Solicitor-General Stephen Donaghue has found former Prime Minister Scott Morrison was validly appointed to administer the Department of Industry, Science, Energy and Resources portfolio, but the fact it wasn’t made public was “inconsistent” with conventions of responsible government.
The advice, requested by Prime Minister Anthony Albanese, was released in full on Tuesday morning. The advice only looked at the question of whether Morrison’s appointment to the portfolio, alongside then-minister Keith Pitt, was valid. It did not consider the other four departments that Morrison was secretly appointed to.
Scott Morrison was secretly appointed to lead five ministries.Credit:James Brickwood
In the advice, Donaghue said the appointment was “valid” as the Governor-General, acting on the advice of the prime minister, has power under section 64 of the Constitution to appoint an existing Minister of State, including the Prime Minister, to administer an additional department of State.
“The Governor-General has no discretion to refuse to accept the prime minister’s advice in relation to such an appointment. Nor is there any constitutional or legislative requirement for notification of such an appointment as a condition of its validity, or for the Minister to subscribe another oath or affirmation following such an appointment. Accordingly, Mr Morrison was validly appointed to administer DISER on 15 April 2021,” the advice said.
“That said, the fact that the parliament, the public and the other ministers who thereafter administered DISER concurrently with Mr Morrison were not informed of Mr Morrison’s appointment was inconsistent with the conventions and practices that form an essential part of the system of responsible government prescribed by Ch II of the Constitution.
“That is because it is impossible for parliament and the public to hold ministers accountable for the proper administration of particular departments if the identity of the ministers who have been appointed to administer those departments is not publicised. That conclusion does not depend on the extent to which Mr Morrison exercised powers under legislation administered by DISER, because from the moment of his appointment he was responsible for the administration of the department.”
In remarks scathing about the lack of transparency around the appointments, Donaghue noted the ability of the public and the parliament to ascertain which ministers have been appointed to administer which departments “is critical to the proper functioning of responsible government”.

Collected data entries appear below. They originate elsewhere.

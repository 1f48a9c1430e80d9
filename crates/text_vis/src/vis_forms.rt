//! The forms of lines that begin transfers of many pieces: the one place in code that has their names and counts of
//! words.

ghost use Rattle.std.specs.Prelude.{◌≡◌, false};
ghost use Rattle.text_calls.specs.Forms.{Number, part_at};
ghost use Rattle.text_calls.specs.FormTests.{are_split, shape_form};
ghost use Rattle.text_vis.specs.VisLines.{vis_form_row, vis_named};

use crate::vis_lines::count_at;
use base_text::{Other, skipped, words_left};
use text_calls::{HasName, are_bundles, first_named};

/// A form of line that begins a transfer of many pieces, without its words.
#[derive(Clone, Copy)]
pub enum VisForm {
    /// `put-s R FROM TO REMOTE LOCAL LEN COUNT REMOTE LOCAL ..`
    PutStrided,
    /// `get-s R FROM TO REMOTE LOCAL LEN COUNT REMOTE LOCAL ..`
    GetStrided,
    /// `put-v R FROM TO K OFF LEN .. OFF LEN ..`
    PutIndexed,
    /// `get-v R FROM TO K OFF LEN .. OFF LEN ..`
    GetIndexed,
}

/// All of them, in the order in which a name is looked up.
const VIS_FORMS: [VisForm; 4] = [
    VisForm::PutStrided,
    VisForm::GetStrided,
    VisForm::PutIndexed,
    VisForm::GetIndexed,
];

/// Whether so many words are those of a counted list of ranges and another, by the bytes from the count on.
fn are_split(words: usize, bytes: &[u8]) -> bool
    ensures { result ≡ are_split 3 16 2 words (part_at (Number 1 16) bytes.now) }
{
    match count_at(bytes) {
        Ok((count, _)) => are_bundles(words, 4 + 2 * count, 1, 16, 2),
        Err(Other) => are_bundles(words, 4, 2, 32, 2),
    }
}

impl VisForm {
    /// The form of this name.
    #[tactic(auto, unfolding(crate::specs::VisLines::vis_named, crate::specs::VisLines::vis_forms))]
    pub fn named(name: &[u8]) -> Option<VisForm>
        ensures { result ≡ vis_named name.now }
    {
        first_named(&VIS_FORMS, name)
    }

    /// Whether the bytes after the name have as many words as the form.
    pub fn fits(self, rest: &[u8]) -> bool
        ensures { result ≡ shape_form (λ bytes. false) 0 (vis_form_row self).shape rest.now }
    {
        let count = words_left(rest);
        match self {
            VisForm::PutStrided | VisForm::GetStrided => are_bundles(count, 6, 0, 4, 3),
            VisForm::PutIndexed | VisForm::GetIndexed => {
                are_split(count, skipped(skipped(skipped(rest))))
            }
        }
    }
}

impl HasName for VisForm {
    ghost use Rattle.text_vis.specs.VisLines.{vis_form_row};

    ghost name_of = { λ form. (vis_form_row form).name };

    fn name(self) -> &'static [u8] {
        match self {
            VisForm::PutStrided => b"put-s",
            VisForm::GetStrided => b"get-s",
            VisForm::PutIndexed => b"put-v",
            VisForm::GetIndexed => b"get-v",
        }
    }
}
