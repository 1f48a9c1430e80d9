//! Lines that begin transfers of many pieces, as values.

ghost use Rattle.std.specs.Prelude.{◌≡◌, ◌≤◌, length};

use node_vis::{Level, Plan, Way};
use std::marker::Model;

/// The levels of a strided transfer, at most 4.
#[derive(Drop)]
pub struct Levels {
    pub(crate) items: Vec<Level>,
}

impl Model for Levels {
    ghost use Rattle.std.specs.Prelude.{◌≤◌, List, length};
    ghost use Rattle.node_vis.specs.declared.shapes.Level.{Level};

    ghost Value = { List Level };

    ghost view = { λ l. l.items.items };

    ghost invariant = { λ l. length l.items.items ≤ 4 };
}

/// Ranges of a segment, at most 16, and at least one where the job was read: the first byte of each, and its length.
#[derive(Drop)]
pub struct SegmentRanges {
    pub(crate) items: Vec<(u64, u64)>,
}

impl Model for SegmentRanges {
    ghost use Rattle.std.specs.Prelude.{◌≤◌, ℕ, List, length};

    ghost Value = { List (ℕ × ℕ) };

    ghost view = { λ r. r.items.items };

    ghost invariant = { λ r. length r.items.items ≤ 16 };
}

/// Which bytes a transfer of many pieces moves, as a line says it; offsets and lengths are in bytes.
#[derive(Drop)]
pub enum VisShape {
    /// `len` bytes for each vector of indexes below the counts of the levels.
    Strided {
        remote: u64,
        local: u64,
        len: u64,
        levels: Levels,
    },
    /// The bytes of ranges there with those of ranges here.
    Indexed {
        remote: SegmentRanges,
        local: SegmentRanges,
    },
}

/// The words of a line that begins a transfer of many pieces.
#[derive(Drop)]
pub struct VisWords {
    /// The register of its handle.
    pub register: u8,
    /// The piece to begin from, at most as many as the plan has where the job was read.
    pub from: u16,
    /// Which way the bytes go.
    pub way: Way,
    /// The other node.
    pub to: u16,
    /// Which bytes.
    pub shape: VisShape,
}

/// A transfer of many pieces: what the line says, and the plan that was made of it for the job's settings.
#[derive(Drop)]
pub struct VisText {
    /// What the line says.
    pub words: VisWords,
    /// The plan of these words.
    pub plan: Plan,
}

/// A transfer of many pieces in an allocation of its own, so that a line of a schedule stays small.
#[derive(Drop)]
pub struct BoxedVis {
    pub(crate) inside: Box<VisText>,
}

impl Model for BoxedVis {
    ghost use Rattle.std.specs.Box.{box_value};
    ghost use Rattle.text_vis.specs.declared.vis.VisText.{VisText};

    ghost Value = { VisText };

    ghost view = { λ v. box_value v.inside };
}

impl Levels {
    /// The levels, at most 4.
    pub fn items(&self) -> &[Level]
        ensures items { result.now ≡ self.now }
        ensures few { length result.now ≤ 4 }
    {
        &self.items
    }
}

impl SegmentRanges {
    /// The ranges, at most 16.
    pub fn items(&self) -> &[(u64, u64)]
        ensures items { result.now ≡ self.now }
        ensures few { length result.now ≤ 16 }
    {
        &self.items
    }
}

impl BoxedVis {
    /// The transfer.
    pub fn text(&self) -> &VisText
        ensures { result.now ≡ self.now }
    {
        &self.inside
    }
}
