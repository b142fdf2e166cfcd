//! The elaboration of whole texts (C99 6.5 to 6.9): from the syntax tree of a text to its core, or to the first refusal of
//! its types.
//!
//! [`elab`] gives the core: each object at file scope and each function with its body, whose expressions, declarations and
//! statements have become statements of the core language. [`tags`] gives the structs and unions of the text alone, with the
//! members of those that are completed. `elaboration/specs` says what both are.
//!
//! Both refuse the same texts: those that break a rule of C99 6.5 to 6.9, and those with a form that is no part of this
//! language. The refusal has its kind and its line, and is the first in the order of the text. Both may want memory at any
//! time, and say nothing of the text then.
#![tactic(auto)]

ghost use Rattle.std.specs.Prelude.{IfOk};
ghost use Rattle.c_tree.specs.StatementView.{unit_view};
ghost use Rattle.c_decls.specs.Refusals.{Meets};
ghost use Rattle.elaboration.specs.Elaboration.{tags_of};
ghost use Rattle.core_tree.specs.Sound.{IsSound};
ghost use Rattle.core_soundness.specs.Texts.{IsOfTexts};
ghost use Rattle.c_elab.specs.Core.{core_in};

use c_decls::TypeError;
use c_tree::Unit;
use c_types::Tags;
use core_soundness::cores_are_sound;
use core_tree::Core;
use elab_core::core_of;
use elab_statements::walked;
use std::alloc::Global;

/// The core of a text, or of texts whose trees were made one (C99 6.5 to 6.9). It is sound, as the runners of cores want it.
///
/// # Errors
///
/// [`TypeError::Bad`] with the first refusal, which says what is wrong and at which line; [`TypeError::NoMemory`] only for
/// want of memory.
#[tactic(auto, using(crate::proofs::Finished::core_ok, crate::proofs::Finished::core_err))]
pub fn elab(alloc: Global, unit: &Unit) -> Result<Core, TypeError>
    ensures core { Meets (λ core. core) result (core_in (unit_view unit.now)) }
    ensures sound { IfOk result (λ core. IsOfTexts (unit_view unit.now) → IsSound core) }
{
    cores_are_sound();
    let (core, _) = core_of(walked(alloc, unit)?)?;
    Ok(core)
}

/// The structs and unions of a text in the order of their tags (C99 6.7.2.1), if nothing in the whole text is refused.
///
/// # Errors
///
/// Those of [`elab`].
#[tactic(auto, using(crate::proofs::Finished::tags_ok, crate::proofs::Finished::tags_err))]
pub fn tags(alloc: Global, unit: &Unit) -> Result<Tags, TypeError>
    ensures { Meets (λ tags. tags) result (tags_of (unit_view unit.now)) }
{
    let finished = walked(alloc, unit)?;
    Ok(finished.into_parts().tags)
}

“The end result is that, to the extent that the public and the parliament are not informed of appointments that have been made under s 64 of the Constitution, the principles of responsible government are fundamentally undermined.”
Albanese, in a press conference in Canberra, said the cabinet had decided at a meeting on Tuesday morning there would be a need for a further inquiry. He said the details of the inquiry would be confirmed at a later date, but it would not be a political inquiry.
“There are a range of different options available to the government, but it is agreed that … it needs to be not a political inquiry but an inquiry with an eminent person with a legal background to consider all of the implications,” Albanese said.
He said he had directed the Department of Prime Minister and Cabinet to work with the Office of the Official Secretary to the Governor-General to adopt a practice of publishing future appointments of ministers to administer departments in the Commonwealth Gazette. He said this action could occur immediately and did not require further advice, but the government would give consideration to “whether any further immediate changes are required”.
“We will make a future announcement about an inquiry. I am giving notice today that that inquiry will take place. This isn’t something that can be just dismissed. This is something that goes to our very system of government which the solicitor-general’s advice makes clear,” Albanese said.
The prime minister foreshadowed the move to ensure that future ministerial appointments are made public could be mandated in law.
“I think one of the things we will need to consider is any future legislative changes to make sure that that is enshrined. To make sure that it is not dependent upon the goodwill of the government of the day,” he said.
Asked about the role of Governor-General David Hurley in appointing Morrison to the departments and whether it is feasible he did not know they were being kept secret, Albanese has steered clear of criticising the Queen’s representative.
“The report makes clear … the Governor-General acted upon the advice of the government of the day,” he said.
Pressed on whether a future inquiry will examine Hurley’s conduct, Albanese didn’t give a direct answer, saying only that:
“The governor-general’s role has been examined here and the governor-general has made a very clear statement, as from his perspective he operated according to, taking the advice of the government of the day, which is consistent with the responsibility of the governor-general.”